ZIMBABWE’S performance under the Staff Monitored Program (SMP) has been “broadly satisfactory” despite effects of the difficult electoral transition period, according to the International Monetary Fund (IMF).
In a July report on the first and second reviews under the Zimbabwe’s SMP, IMF said performance under the programme has been uneven, but the programme has provided a useful anchor in an election year and succeeded in keeping macroeconomic conditions relatively stable and in starting key structural reforms.
“The electoral process and the post -election transition delayed the implementation of structural reforms,” reads part of the report.

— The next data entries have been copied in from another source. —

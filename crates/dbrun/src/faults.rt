//! All faults of a declaration file and of command files, listed.

use crate::escaped::Escaped;
use crate::shown::{Audience, PrintableLine, declared_line, line_among, line_of, lines_of};
use crate::{folder, no_memory, settle, status_of, tell_uncompiled};
use command_words::WordsFault;
use compile_commands::{CompileWords, FileFault, FoundFaults, faults_of};
use file_access::{FILE_LIMIT, Files};
use file_commands::Status;
use folder_files::{Folder, Nobody};
use shape_files::DeclFault;
use std::alloc::Global;
use std::fmt::Display;
use std::fs::File;
use std::rt::Runtime;

/// The bytes of a file that was read before, none where they can't be read again.
fn read_again<R: Runtime<A = Global, File = File>>(rt: &R, name: &str) -> Vec<u8> {
    let mut folder = Folder::new(rt, Nobody);
    folder
        .read(rt.alloc(), name, FILE_LIMIT)
        .unwrap_or(Vec::new(rt.alloc()))
}

/// Prints a fault of a file of this name, with the line of that number where there is one.
fn print_fault<R: Runtime<A = Global, File = File>, D: Display>(
    rt: &R,
    audience: Audience,
    name: &str,
    lines: &[PrintableLine<'_>],
    line: usize,
    fault: &D,
) -> Status {
    let name = Escaped {
        what: &name,
        at_terminal: audience.rows,
    };
    let printed = match line_among(lines, line) {
        Some(line) => println!(rt; "{name} {fault}  {line}"),
        None => println!(rt; "{name} {fault}"),
    };
    status_of(rt, printed)
}

/// Prints the faults of the declaration file of this name, each with its line where that can still be read.
fn print_declared<R: Runtime<A = Global, File = File>>(
    rt: &R,
    audience: Audience,
    name: &str,
    faults: &[DeclFault],
) -> Status {
    let bytes = read_again(rt, name);
    let Ok(lines) = lines_of(rt.alloc(), bytes.as_slice()) else {
        return no_memory(rt);
    };
    for fault in faults {
        match print_fault(rt, audience, name, &lines, declared_line(*fault), fault) {
            Status::Done => {}
            status => return status,
        }
    }
    Status::Done
}

/// Prints the faults of the command file of this name and number, each with its line where that can still be read.
fn print_faults<R: Runtime<A = Global, File = File>>(
    rt: &R,
    audience: Audience,
    name: &str,
    number: usize,
    faults: &[FileFault],
) -> Status {
    let bytes = read_again(rt, name);
    let Ok(lines) = lines_of(rt.alloc(), bytes.as_slice()) else {
        return no_memory(rt);
    };
    for FileFault { file, fault } in faults {
        if *file != number {
            continue;
        }
        match print_fault(rt, audience, name, &lines, line_of(*fault), fault) {
            Status::Done => {}
            status => return status,
        }
    }
    Status::Done
}

/// Prints the faults of the declaration file and of command files, file by file.
fn print_found<R: Runtime<A = Global, File = File>>(
    rt: &R,
    audience: Audience,
    decl: &str,
    names: &[&str],
    found: &FoundFaults,
) -> Status {
    match print_declared(rt, audience, decl, &found.declarations) {
        Status::Done => {}
        status => return status,
    }
    for (number, name) in names.iter().enumerate() {
        match print_faults(rt, audience, name, number, &found.commands) {
            Status::Done => {}
            status => return status,
        }
    }
    Status::Refused
}

/// Lists the faults of a declaration file and of command files on standard output, file by file.
pub fn faults<'a, R: Runtime<A = Global, File = File>>(
    rt: &R,
    audience: Audience,
    decl: &'a str,
    names: &'a [&'a str],
) -> Result<Status, WordsFault> {
    if names.is_empty() {
        return Err(WordsFault::Missing);
    }
    let _ = settle(rt, audience);
    let mut folder = folder(rt, audience);
    let found = match faults_of(rt.alloc(), &mut folder, decl, names) {
        Ok(found) => found,
        Err(refusal) => {
            let out = "";
            let words = CompileWords { decl, out, names };
            return Ok(tell_uncompiled(rt, audience, &refusal, words, None));
        }
    };
    if found.is_empty() {
        return Ok(Status::Done);
    }
    Ok(print_found(rt, audience, decl, names, &found))
}
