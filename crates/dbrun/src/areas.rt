//! The work areas of a refused command, named to a person at a terminal.

use compile_commands::{CompileFilesRefusal, CompileWords, SourceFault, areas_where_refused};
use file_access::Files;
use hints::of_areas;
use std::alloc::Global;
use std::io::Eprint;

/// Tells what to do about a refused line with its work areas named, and whether that was told.
pub fn tell_areas<F: Files>(
    rt: &impl Eprint,
    alloc: Global,
    files: &mut F,
    refusal: &CompileFilesRefusal,
    words: CompileWords<'_>,
    line: &[u8],
) -> bool {
    let CompileFilesRefusal::Source {
        fault: SourceFault::Compile { kind, .. },
        ..
    } = refusal
    else {
        return false;
    };
    if words.names.is_empty() {
        return false;
    }
    let Some(met) = areas_where_refused(alloc, files, words.decl, words.names) else {
        return false;
    };
    match of_areas(alloc, *kind, line, &met) {
        Some(hint) => eprintln!(rt; "  {hint}.").is_ok(),
        None => false,
    }
}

The IMF said Zimbabwe met two out of six quantitative targets for the first SMP review although most deviations were moderate.
“The authorities met the floors on protected social spending and on payments to the Poverty Reduction and Growth Trust (PRGT). The continuous ceiling on the stock of non-concessional external debt was met the at end of June, but subsequently exceeded by a relatively small amount, following the signing of a US$ 319 million non concessional loan with China Eximbank in November 2013 to finance an essential regional infrastructure project — the overhaul of the Kariba hydro power plant,” said IMF.
Zimbabwe missed the floor on the primary fiscal balance by 1, 3%, mainly due to outlay overruns, some of which reflected the government’s efforts to clear old domestic arrears.
The continuous zero ceiling on new domestic arrears was also missed, in part because the authorities gave the priority to clear old verified arrears over payment of unverified new bills.
“In fact, although the authorities accumulated some new domestic arrears in 2013, on balance, the overall stock of arrears declined by US$ 54 million (about 0, 4 % of GDP) in 2013, which compares favorably with the reduction of US$ 23 million targeted under the programme, ” it said.
IMF said reflecting the fiscal constraints, the floor on usable international reserves was missed by a small margin, as reserves stayed unchanged rather than show the small increase targeted for end of June 2013.
Zimbabwe is said to have met three of the five structural benchmarks for the first review were met, although two were met with delay.
The new Income Tax Bill was submitted to Parliament in May 2013 and passed in June 2013.
The new framework for contingency planning and systemic risk management was submitted to the RBZ board and approved in October 2013; and the time bound action plan by the Public Service Commission on measures to modernise human resource management and payroll systems was submitted to the Ministry of Finance and Economic Development in mid December 2013.
“The report on the stock of verified pre-2013 domestic arrears was finalized in mid December 2013.The authorities made public the total stock of domestic arrears and the strategy to clear it in the context of the 2014 National Budget Statement submitted to Parliament in December 2013,”IMF said.
“The authorities did not issue a statutory instrument establishing a formula for diamond dividends as envisaged under the program, but took broadly equivalent measures to increase diamond revenues and boost transparency in the industry.”
For the second SMP review, the authorities met three of the six revised quantitative targets, the IMF indicated.
One of the five structural benchmarks for the second review was met.
“The RBZ Debt Assumption Bill (formerly the RBZ Debt Relief Bill) was approved by Cabinet in November 2013 and submitted to Parliament in April 2014,” it said.